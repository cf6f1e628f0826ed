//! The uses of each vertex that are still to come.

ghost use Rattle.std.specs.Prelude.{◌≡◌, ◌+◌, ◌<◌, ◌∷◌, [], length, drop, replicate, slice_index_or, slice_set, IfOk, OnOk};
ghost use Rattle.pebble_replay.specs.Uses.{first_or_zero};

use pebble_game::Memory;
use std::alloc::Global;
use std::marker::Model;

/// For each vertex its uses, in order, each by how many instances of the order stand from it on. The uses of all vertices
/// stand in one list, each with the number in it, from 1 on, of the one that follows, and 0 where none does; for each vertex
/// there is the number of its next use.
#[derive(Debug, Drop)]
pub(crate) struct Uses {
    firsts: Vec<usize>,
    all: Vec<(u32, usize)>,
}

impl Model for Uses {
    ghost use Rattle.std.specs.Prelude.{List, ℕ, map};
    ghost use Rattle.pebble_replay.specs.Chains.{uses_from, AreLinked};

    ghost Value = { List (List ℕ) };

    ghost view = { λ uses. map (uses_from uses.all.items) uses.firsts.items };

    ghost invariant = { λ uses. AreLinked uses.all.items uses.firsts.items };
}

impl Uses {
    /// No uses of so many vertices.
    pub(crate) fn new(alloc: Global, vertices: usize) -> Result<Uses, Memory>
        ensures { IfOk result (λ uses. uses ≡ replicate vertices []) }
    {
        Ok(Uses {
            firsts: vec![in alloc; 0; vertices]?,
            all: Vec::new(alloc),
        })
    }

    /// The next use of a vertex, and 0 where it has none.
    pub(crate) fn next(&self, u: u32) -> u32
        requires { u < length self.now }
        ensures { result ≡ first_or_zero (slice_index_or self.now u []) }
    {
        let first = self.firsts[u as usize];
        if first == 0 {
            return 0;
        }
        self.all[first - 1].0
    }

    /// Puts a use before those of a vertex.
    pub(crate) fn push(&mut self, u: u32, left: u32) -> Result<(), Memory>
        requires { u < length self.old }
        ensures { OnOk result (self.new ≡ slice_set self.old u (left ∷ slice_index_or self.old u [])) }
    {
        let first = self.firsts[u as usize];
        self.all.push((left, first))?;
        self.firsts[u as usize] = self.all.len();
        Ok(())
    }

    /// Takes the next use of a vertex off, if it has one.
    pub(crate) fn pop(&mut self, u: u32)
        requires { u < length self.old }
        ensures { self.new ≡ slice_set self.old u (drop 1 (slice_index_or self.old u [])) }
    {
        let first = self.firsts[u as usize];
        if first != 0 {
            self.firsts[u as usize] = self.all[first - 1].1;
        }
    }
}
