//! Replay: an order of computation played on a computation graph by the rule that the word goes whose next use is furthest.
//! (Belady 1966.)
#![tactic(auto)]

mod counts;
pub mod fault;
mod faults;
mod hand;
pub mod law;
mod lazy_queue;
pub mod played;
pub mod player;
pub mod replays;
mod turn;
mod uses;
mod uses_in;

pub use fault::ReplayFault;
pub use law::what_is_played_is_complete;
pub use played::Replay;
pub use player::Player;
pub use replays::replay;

•••••

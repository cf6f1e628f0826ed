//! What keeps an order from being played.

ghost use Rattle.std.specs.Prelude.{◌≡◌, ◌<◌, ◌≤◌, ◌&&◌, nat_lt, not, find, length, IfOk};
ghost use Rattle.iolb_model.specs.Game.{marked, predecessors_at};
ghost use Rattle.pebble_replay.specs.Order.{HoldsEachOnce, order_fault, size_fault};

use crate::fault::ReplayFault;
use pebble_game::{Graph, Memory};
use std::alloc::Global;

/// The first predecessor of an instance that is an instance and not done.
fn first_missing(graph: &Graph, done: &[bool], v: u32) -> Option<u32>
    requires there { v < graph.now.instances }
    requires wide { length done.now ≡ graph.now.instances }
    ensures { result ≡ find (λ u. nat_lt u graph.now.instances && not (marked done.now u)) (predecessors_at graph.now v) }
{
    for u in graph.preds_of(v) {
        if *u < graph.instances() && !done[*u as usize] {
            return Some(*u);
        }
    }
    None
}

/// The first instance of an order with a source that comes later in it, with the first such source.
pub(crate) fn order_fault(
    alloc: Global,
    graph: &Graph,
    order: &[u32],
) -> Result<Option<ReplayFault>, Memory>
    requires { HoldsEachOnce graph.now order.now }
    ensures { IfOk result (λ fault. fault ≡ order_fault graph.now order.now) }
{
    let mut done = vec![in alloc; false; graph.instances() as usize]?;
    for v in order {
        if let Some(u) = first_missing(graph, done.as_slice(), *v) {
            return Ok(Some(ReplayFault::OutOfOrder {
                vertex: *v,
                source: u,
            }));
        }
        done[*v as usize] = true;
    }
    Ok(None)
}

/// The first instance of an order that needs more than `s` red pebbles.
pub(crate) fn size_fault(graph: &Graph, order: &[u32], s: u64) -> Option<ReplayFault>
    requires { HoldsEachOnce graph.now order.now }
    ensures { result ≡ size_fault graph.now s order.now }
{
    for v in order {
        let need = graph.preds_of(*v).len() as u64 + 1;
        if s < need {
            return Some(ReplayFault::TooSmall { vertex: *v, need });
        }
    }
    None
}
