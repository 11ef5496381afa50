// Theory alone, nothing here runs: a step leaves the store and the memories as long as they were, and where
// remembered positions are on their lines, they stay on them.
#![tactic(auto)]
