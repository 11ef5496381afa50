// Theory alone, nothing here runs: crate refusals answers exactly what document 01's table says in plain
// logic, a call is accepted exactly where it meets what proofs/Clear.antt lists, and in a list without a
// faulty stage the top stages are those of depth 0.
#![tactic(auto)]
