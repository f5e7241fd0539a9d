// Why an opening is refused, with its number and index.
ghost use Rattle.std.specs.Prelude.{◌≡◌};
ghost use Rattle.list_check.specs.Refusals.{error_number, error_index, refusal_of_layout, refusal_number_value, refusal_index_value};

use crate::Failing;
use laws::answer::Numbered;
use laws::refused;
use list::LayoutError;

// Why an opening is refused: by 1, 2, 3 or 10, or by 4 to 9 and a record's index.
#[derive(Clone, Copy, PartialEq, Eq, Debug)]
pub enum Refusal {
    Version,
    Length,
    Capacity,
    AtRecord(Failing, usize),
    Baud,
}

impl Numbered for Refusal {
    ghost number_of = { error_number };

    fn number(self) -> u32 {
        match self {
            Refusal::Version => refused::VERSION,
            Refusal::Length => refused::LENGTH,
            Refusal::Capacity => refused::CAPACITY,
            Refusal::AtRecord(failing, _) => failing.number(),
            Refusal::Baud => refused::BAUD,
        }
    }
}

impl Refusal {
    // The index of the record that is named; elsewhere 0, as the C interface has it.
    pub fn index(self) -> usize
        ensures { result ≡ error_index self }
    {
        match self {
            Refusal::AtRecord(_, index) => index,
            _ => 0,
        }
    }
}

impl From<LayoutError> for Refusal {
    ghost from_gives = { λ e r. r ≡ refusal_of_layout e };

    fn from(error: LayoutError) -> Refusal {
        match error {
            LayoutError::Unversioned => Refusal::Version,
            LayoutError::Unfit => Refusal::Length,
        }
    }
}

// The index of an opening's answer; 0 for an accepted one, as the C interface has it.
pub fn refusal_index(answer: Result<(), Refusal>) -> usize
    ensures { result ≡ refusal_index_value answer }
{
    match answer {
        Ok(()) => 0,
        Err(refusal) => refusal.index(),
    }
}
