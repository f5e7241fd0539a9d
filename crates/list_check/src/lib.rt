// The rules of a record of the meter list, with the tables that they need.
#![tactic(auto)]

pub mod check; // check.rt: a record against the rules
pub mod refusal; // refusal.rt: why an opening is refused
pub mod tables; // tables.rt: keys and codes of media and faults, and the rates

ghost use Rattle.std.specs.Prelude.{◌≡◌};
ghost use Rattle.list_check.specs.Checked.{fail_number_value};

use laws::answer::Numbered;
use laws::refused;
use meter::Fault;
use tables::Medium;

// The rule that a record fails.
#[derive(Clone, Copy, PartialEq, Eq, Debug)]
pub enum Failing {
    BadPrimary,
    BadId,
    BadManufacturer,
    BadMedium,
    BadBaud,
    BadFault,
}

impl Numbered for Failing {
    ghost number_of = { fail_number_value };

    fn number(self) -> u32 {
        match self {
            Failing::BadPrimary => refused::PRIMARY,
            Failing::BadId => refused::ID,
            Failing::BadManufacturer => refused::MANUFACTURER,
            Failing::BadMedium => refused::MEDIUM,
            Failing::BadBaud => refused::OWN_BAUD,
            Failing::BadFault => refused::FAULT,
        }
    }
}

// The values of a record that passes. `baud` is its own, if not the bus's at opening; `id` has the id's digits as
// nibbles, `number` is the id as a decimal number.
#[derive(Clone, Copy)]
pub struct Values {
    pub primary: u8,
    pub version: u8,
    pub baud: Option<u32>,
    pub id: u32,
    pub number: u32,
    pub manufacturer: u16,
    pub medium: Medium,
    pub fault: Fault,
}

•••••

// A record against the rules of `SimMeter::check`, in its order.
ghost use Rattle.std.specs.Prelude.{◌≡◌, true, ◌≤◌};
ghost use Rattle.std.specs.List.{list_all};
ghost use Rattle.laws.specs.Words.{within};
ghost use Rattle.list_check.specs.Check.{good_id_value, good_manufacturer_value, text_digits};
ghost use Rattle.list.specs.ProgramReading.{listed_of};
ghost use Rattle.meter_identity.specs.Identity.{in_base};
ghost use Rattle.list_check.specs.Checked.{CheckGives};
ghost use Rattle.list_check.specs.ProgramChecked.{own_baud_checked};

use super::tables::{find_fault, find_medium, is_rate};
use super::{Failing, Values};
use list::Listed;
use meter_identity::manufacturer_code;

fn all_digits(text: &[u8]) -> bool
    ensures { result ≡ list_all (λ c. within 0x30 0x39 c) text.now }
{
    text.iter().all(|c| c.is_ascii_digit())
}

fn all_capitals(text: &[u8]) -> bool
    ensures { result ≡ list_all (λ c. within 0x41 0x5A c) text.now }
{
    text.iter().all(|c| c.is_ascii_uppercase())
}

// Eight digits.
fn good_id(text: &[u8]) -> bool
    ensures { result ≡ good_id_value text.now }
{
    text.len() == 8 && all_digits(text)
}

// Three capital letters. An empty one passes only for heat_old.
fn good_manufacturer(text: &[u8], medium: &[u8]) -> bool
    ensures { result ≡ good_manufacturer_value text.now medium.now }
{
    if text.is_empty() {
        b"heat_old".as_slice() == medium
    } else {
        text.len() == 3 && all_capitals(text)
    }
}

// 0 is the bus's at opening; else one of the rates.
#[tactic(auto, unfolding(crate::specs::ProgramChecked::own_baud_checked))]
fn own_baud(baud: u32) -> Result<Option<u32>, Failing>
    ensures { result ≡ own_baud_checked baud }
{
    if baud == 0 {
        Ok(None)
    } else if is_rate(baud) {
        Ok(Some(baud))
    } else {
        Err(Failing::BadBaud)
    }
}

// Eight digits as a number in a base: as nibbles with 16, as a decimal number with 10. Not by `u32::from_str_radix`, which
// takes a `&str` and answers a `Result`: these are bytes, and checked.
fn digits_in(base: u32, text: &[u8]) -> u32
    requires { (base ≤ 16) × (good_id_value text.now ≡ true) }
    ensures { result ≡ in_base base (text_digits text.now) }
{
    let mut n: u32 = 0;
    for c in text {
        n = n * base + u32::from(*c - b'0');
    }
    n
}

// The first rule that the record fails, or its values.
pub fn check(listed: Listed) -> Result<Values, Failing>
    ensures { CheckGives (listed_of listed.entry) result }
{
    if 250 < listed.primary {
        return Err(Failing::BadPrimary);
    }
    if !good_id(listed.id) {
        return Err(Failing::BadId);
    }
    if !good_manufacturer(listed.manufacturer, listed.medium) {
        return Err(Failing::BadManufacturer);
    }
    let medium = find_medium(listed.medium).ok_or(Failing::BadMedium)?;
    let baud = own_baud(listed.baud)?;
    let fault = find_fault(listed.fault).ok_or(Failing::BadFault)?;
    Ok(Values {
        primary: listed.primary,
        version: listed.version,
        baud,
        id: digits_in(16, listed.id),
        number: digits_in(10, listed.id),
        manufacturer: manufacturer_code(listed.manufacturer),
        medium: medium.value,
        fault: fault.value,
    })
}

•••••

* **YOUR OBJECTIVE**: How many lines above include the word "Option"? Answer with the number alone.

* **RESULT OF THE EXERCISE**: 5